Exercise instructions. Give back every line of the data, word for word.

Saved data entries
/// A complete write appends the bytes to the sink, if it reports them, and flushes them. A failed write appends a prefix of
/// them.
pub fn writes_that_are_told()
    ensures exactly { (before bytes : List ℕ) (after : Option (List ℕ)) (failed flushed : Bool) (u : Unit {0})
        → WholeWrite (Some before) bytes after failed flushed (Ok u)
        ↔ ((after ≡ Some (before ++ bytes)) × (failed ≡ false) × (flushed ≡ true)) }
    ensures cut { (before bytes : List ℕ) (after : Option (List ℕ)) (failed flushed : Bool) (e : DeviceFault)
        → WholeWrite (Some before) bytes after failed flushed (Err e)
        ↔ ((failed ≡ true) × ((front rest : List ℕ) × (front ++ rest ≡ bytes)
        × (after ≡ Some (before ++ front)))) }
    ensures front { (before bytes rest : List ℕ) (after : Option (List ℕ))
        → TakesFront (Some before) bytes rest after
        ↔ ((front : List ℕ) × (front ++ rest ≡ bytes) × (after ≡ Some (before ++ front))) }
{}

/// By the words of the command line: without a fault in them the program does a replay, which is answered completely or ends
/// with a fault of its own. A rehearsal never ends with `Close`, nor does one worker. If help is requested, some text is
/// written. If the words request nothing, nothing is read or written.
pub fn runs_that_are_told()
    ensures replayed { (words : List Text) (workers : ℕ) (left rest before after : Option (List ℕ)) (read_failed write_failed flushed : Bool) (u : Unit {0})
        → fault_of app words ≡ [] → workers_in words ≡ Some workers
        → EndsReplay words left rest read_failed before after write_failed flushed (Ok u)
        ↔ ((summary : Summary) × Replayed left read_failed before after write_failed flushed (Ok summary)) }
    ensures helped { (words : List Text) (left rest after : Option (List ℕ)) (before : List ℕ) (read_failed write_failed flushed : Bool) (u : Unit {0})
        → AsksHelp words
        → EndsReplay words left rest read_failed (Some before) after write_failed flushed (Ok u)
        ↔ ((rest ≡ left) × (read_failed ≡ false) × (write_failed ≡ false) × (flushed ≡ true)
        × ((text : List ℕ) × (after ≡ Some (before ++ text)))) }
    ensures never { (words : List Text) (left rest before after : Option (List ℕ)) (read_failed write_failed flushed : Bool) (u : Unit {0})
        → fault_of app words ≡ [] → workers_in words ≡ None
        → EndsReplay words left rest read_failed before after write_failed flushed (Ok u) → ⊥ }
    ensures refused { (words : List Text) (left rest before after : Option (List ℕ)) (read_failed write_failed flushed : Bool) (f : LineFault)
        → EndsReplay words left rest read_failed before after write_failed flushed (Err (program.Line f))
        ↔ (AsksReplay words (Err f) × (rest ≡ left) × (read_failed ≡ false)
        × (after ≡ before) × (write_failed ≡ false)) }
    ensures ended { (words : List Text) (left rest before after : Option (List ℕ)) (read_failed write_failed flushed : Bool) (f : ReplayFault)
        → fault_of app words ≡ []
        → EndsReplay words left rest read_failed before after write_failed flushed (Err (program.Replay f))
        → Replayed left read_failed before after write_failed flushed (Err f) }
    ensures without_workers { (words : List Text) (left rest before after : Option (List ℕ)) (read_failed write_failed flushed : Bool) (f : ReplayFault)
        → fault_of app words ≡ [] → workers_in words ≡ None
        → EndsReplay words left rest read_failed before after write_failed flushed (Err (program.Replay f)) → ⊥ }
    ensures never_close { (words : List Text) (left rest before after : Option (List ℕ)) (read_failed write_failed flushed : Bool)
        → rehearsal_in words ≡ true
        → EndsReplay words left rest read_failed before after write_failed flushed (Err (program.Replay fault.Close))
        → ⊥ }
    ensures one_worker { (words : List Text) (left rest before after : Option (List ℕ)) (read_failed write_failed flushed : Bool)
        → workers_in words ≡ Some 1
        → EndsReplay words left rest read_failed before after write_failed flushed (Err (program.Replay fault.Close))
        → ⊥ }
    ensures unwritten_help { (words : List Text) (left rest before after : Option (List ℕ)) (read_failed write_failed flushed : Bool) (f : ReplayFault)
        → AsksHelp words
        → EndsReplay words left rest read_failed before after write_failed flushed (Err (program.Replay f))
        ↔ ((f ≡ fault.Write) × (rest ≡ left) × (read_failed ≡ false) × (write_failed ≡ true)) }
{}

Task response.
/// A complete write appends the bytes to the sink, if it reports them, and flushes them. A failed write appends a prefix of
/// them.
pub fn writes_that_are_told()
    ensures exactly { (before bytes : List ℕ) (after : Option (List ℕ)) (failed flushed : Bool) (u : Unit {0})
        → WholeWrite (Some before) bytes after failed flushed (Ok u)
        ↔ ((after ≡ Some (before ++ bytes)) × (failed ≡ false) × (flushed ≡ true)) }
    ensures cut { (before bytes : List ℕ) (after : Option (List ℕ)) (failed flushed : Bool) (e : DeviceFault)
        → WholeWrite (Some before) bytes after failed flushed (Err e)
        ↔ ((failed ≡ true) × ((front rest : List ℕ) × (front ++ rest ≡ bytes)
        × (after ≡ Some (before ++ front)))) }
    ensures front { (before bytes rest : List ℕ) (after : Option (List ℕ))
        → TakesFront (Some before) bytes rest after
        ↔ ((front : List ℕ) × (front ++ rest ≡ bytes) × (after ≡ Some (before ++ front))) }
{}

/// By the words of the command line: without a fault in them the program does a replay, which is answered completely or ends
/// with a fault of its own. A rehearsal never ends with `Close`, nor does one worker. If help is requested, some text is
/// written. If the words request nothing, nothing is read or written.
pub fn runs_that_are_told()
    ensures replayed { (words : List Text) (workers : ℕ) (left rest before after : Option (List ℕ)) (read_failed write_failed flushed : Bool) (u : Unit {0})
        → fault_of app words ≡ [] → workers_in words ≡ Some workers
        → EndsReplay words left rest read_failed before after write_failed flushed (Ok u)
        ↔ ((summary : Summary) × Replayed left read_failed before after write_failed flushed (Ok summary)) }
    ensures helped { (words : List Text) (left rest after : Option (List ℕ)) (before : List ℕ) (read_failed write_failed flushed : Bool) (u : Unit {0})
        → AsksHelp words
        → EndsReplay words left rest read_failed (Some before) after write_failed flushed (Ok u)
        ↔ ((rest ≡ left) × (read_failed ≡ false) × (write_failed ≡ false) × (flushed ≡ true)
        × ((text : List ℕ) × (after ≡ Some (before ++ text)))) }
    ensures never { (words : List Text) (left rest before after : Option (List ℕ)) (read_failed write_failed flushed : Bool) (u : Unit {0})
        → fault_of app words ≡ [] → workers_in words ≡ None
        → EndsReplay words left rest read_failed before after write_failed flushed (Ok u) → ⊥ }
    ensures refused { (words : List Text) (left rest before after : Option (List ℕ)) (read_failed write_failed flushed : Bool) (f : LineFault)
        → EndsReplay words left rest read_failed before after write_failed flushed (Err (program.Line f))
        ↔ (AsksReplay words (Err f) × (rest ≡ left) × (read_failed ≡ false)
        × (after ≡ before) × (write_failed ≡ false)) }
    ensures ended { (words : List Text) (left rest before after : Option (List ℕ)) (read_failed write_failed flushed : Bool) (f : ReplayFault)
        → fault_of app words ≡ []
        → EndsReplay words left rest read_failed before after write_failed flushed (Err (program.Replay f))
        → Replayed left read_failed before after write_failed flushed (Err f) }
    ensures without_workers { (words : List Text) (left rest before after : Option (List ℕ)) (read_failed write_failed flushed : Bool) (f : ReplayFault)
        → fault_of app words ≡ [] → workers_in words ≡ None
        → EndsReplay words left rest read_failed before after write_failed flushed (Err (program.Replay f)) → ⊥ }
    ensures never_close { (words : List Text) (left rest before after : Option (List ℕ)) (read_failed write_failed flushed : Bool)
        → rehearsal_in words ≡ true
        → EndsReplay words left rest read_failed before after write_failed flushed (Err (program.Replay fault.Close))
        → ⊥ }
    ensures one_worker { (words : List Text) (left rest before after : Option (List ℕ)) (read_failed write_failed flushed : Bool)
        → workers_in words ≡ Some 1
        → EndsReplay words left rest read_failed before after write_failed flushed (Err (program.Replay fault.Close))
        → ⊥ }
    ensures unwritten_help { (words : List Text) (left rest before after : Option (List ℕ)) (read_failed write_failed flushed : Bool) (f : ReplayFault)
        → AsksHelp words
        → EndsReplay words left rest read_failed before after write_failed flushed (Err (program.Replay f))
        ↔ ((f ≡ fault.Write) × (rest ≡ left) × (read_failed ≡ false) × (write_failed ≡ true)) }
{}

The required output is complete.